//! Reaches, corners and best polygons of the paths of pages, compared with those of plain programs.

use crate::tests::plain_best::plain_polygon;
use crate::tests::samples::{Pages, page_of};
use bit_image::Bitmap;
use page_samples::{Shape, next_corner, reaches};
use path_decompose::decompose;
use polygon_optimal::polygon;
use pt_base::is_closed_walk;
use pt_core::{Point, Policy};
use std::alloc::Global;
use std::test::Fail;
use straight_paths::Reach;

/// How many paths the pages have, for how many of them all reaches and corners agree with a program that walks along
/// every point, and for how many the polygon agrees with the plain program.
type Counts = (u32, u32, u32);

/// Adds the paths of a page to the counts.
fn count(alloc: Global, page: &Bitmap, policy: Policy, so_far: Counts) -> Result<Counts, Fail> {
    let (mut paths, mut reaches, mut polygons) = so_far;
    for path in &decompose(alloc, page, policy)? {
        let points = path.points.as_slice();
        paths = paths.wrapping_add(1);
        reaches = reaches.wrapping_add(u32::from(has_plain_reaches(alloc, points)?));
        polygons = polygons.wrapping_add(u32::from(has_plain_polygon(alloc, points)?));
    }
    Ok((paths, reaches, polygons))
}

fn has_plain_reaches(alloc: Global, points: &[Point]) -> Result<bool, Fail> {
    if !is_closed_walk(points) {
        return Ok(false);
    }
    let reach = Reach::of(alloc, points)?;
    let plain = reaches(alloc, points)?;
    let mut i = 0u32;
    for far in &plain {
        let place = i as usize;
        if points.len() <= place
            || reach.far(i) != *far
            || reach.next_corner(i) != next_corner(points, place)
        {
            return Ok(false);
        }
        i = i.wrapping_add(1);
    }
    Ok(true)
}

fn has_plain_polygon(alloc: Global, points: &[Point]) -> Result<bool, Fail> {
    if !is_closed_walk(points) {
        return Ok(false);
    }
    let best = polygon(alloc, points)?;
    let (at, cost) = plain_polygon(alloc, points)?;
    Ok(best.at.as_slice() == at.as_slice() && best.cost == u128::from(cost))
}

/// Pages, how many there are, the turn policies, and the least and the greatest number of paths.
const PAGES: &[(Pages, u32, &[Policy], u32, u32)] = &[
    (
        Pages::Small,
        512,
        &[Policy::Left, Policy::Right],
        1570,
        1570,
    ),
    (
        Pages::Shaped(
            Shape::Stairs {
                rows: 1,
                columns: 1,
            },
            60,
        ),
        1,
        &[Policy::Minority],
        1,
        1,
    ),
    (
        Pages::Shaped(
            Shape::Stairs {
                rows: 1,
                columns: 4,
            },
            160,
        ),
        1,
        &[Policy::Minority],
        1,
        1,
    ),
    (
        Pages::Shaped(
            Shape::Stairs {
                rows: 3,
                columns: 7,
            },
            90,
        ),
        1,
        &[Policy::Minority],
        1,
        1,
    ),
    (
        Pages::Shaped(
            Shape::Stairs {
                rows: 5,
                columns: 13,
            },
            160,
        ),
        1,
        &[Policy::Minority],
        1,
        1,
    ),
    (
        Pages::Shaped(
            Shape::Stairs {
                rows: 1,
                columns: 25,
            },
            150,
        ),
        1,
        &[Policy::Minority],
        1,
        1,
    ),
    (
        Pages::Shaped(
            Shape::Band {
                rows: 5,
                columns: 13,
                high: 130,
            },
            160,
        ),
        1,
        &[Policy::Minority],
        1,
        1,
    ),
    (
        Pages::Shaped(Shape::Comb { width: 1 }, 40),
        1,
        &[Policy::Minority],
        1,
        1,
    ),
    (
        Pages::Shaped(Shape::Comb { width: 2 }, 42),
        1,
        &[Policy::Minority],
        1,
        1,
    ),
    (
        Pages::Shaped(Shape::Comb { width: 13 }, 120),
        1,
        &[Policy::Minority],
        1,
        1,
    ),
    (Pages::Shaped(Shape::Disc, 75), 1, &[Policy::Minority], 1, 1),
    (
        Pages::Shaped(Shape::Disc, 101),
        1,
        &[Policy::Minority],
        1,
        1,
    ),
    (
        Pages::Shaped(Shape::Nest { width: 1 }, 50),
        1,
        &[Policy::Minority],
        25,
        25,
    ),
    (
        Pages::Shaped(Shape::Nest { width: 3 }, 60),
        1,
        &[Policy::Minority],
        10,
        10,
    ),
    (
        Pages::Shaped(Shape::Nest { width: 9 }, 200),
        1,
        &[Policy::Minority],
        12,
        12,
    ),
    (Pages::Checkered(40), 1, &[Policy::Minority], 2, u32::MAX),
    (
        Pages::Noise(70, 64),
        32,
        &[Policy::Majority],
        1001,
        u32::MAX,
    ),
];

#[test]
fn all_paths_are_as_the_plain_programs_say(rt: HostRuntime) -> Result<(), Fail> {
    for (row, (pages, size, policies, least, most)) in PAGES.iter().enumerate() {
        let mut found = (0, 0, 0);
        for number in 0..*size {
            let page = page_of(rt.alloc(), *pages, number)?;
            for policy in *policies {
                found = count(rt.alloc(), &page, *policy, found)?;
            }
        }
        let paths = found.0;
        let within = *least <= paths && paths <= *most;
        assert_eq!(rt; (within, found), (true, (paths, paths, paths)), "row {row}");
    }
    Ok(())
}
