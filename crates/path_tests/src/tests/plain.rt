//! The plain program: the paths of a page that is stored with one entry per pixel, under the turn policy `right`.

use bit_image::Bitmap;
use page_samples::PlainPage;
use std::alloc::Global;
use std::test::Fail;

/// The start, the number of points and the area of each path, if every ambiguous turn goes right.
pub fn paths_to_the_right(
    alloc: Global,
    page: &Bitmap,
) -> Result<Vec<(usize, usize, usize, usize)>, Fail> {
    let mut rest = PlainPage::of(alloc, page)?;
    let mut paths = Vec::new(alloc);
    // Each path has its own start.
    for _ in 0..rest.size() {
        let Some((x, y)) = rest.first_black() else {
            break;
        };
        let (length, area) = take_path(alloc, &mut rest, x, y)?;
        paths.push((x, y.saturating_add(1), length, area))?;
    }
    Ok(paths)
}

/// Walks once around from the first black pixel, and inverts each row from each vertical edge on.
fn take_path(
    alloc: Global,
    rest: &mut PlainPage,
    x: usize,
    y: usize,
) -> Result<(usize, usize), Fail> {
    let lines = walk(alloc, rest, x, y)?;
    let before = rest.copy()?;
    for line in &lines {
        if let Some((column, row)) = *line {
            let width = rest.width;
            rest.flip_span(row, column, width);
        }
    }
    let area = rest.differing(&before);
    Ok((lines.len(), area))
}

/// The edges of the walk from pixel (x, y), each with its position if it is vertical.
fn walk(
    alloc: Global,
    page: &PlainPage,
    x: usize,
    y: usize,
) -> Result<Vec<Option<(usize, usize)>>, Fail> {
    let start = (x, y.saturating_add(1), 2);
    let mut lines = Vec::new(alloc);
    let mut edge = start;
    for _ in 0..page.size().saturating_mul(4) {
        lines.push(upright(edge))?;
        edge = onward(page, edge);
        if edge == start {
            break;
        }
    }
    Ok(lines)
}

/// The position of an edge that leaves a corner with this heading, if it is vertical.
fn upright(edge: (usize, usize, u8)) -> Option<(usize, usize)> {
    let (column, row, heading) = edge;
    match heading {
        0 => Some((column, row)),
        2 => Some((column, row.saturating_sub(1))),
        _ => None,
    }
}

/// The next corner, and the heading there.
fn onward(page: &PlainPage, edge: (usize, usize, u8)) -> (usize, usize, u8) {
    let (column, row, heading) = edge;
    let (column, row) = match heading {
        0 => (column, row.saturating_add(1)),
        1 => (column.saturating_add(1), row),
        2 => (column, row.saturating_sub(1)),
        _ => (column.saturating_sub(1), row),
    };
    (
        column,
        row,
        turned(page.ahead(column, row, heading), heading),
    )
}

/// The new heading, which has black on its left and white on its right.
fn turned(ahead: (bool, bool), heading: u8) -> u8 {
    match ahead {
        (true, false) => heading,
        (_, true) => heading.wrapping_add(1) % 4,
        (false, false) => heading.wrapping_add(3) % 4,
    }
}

^^^^^^^^^^^^^^^^

■ **EXERCISE DIRECTIONS**:
Look through the entries above and copy each line that has "turned" in it.

■ **WORKED SOLUTION**:
        turned(page.ahead(column, row, heading), heading),
fn turned(ahead: (bool, bool), heading: u8) -> u8 {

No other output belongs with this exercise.